The gifts set before the goddess were mostly agricultural – lots of flowers and vegetables.
6. Hōkaiji (Hokaiji) Temple was located close by, honoring the god of treasure and patron of warriors – Bishamonten. It was away from the more congested tourist areas. The admission shack was unmanned, and after calling out softly a few times, the Japanese woman in front of me neatly arranged her three 100 yen coins on a plate and continued to the temple. I copied her, calling out a few tentative “Sumimasens” before placing arranging my own cluster of coins adjacent to hers.
I had gone but a few steps when a man appeared with a broom in hand, bowing and apologizing profusely as he collected the coins and gestured I should continue in. This was the first temple of the day that required shoe removal. I walked onto the tatami mats, lit incense, and sat down. It was a quiet, peaceful temple. I had been curious as to what offerings would be made to a god of war and treasure. There was the expected sake, of course, but also Pocky sweets and potato stick snacks.
The man who had accepted the coins at the entrance was clearly a top notch multi-tasker. It was he who put the sixth stamp on my board. Shortly thereafter, I saw him sweeping the steps as I left the temple. Five minutes later, I saw him again with gardening tools – that temple was very lovingly and carefully tended to.
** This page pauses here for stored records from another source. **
//! The typed tree of a unit.

ghost use Rattle.std.specs.Prelude.{◌≡◌, IfOk, IfErr, OnOk};
ghost use Rattle.cl_typing.specs.Units.{IsTyped, StopsAt, body_names, with_body};

use crate::condition::out;
use crate::external::externals;
use crate::name_list::NameList;
use crate::unit_state::UnitState;
use cl_ast::declaration::{Ast, External};
use cl_tree::Tree;
use cl_types::TypeTable;
use clv_place::{NoMemory, Place, Stop};
use std::alloc::Global;

// Adds the name of a function that has a body.
fn add_body(e: &External, names: &mut NameList) -> Result<(), NoMemory>
    ensures { OnOk result (names.new ≡ with_body e.now names.old) }
{
    match e {
        External::Function { name, body, .. } => match body {
            Some(_) => names.add(name.as_slice()),
            None => Ok(()),
        },
        External::Typedef { .. } => Ok(()),
        External::Struct { .. } => Ok(()),
        External::Constant { .. } => Ok(()),
    }
}

// The names of the functions that have a body in the unit, in the order of their first bodies.
fn body_names(alloc: Global, all: &[External]) -> Result<NameList, NoMemory>
    ensures { IfOk result (λ names. names ≡ body_names all.now) }
{
    let mut names = NameList::new(alloc);
    for one in all {
        add_body(one, &mut names)?;
    }
    Ok(names)
}

/// The typed tree of a unit, or its first offence, but for want of memory.
pub fn type_unit(alloc: Global, ast: &Ast) -> Result<Tree, Stop>
    ensures tree { IfOk result (IsTyped ast.now) }
    ensures out { IfErr result (StopsAt ast.now) }
{
    let bodies = body_names(alloc, ast.externals.as_slice())?;
    let mut types = TypeTable::new(alloc)?;
    let unit = externals(alloc, &bodies, ast.externals.as_slice(), &mut types)?;
    if !unit.functions.has_kernel() {
        return Err(out(335, Place { line: 1, col: 1 }));
    }
    let UnitState {
        constants,
        functions,
        sized,
        sizes,
        ..
    } = unit;
    let functions = functions.with_sizes(alloc, &sized, sizes.as_slice())?;
    Ok(Tree {
        types,
        constants,
        functions,
    })
}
7. It took less than five minutes to walk to Myōryūji (Myoryuji) Temple, which was simple and direct. The small outdoor statue Jurojin, god of wisdom and longevity, depicted an older bearded man with a deer. It seemed to be the custom to throw 1 yen coins so that they landed atop the deer’s head. I used my entire 1 yen coin collection in the attempt. No success.
The final site on my journey was Myōgonzan Hongakuji Temple. This temple was unique in that Ebisu is the only god of Japanese origin – the other gods were introduced to Japan by way of India and China. I slowed my pace for this Temple, wandering to admire the enormous bell and to light incense. Finally, I presented my pilgrim board and watched as the final stamp was placed.
It was over.
Author’s Note / If You Go
I had an absolutely fantastic day, and an unforgettable experience. But unless you are in Japan for a long stay, I would gently discourage someone from trying to visit all eight sites in one day. Both Enoshima and Kamakura are amazing cultural treasures, and they should be savored. Do yourself a favor, and see Enoshima and Kamakura on separate days. Spend some quality time with the dragon of Enoshima.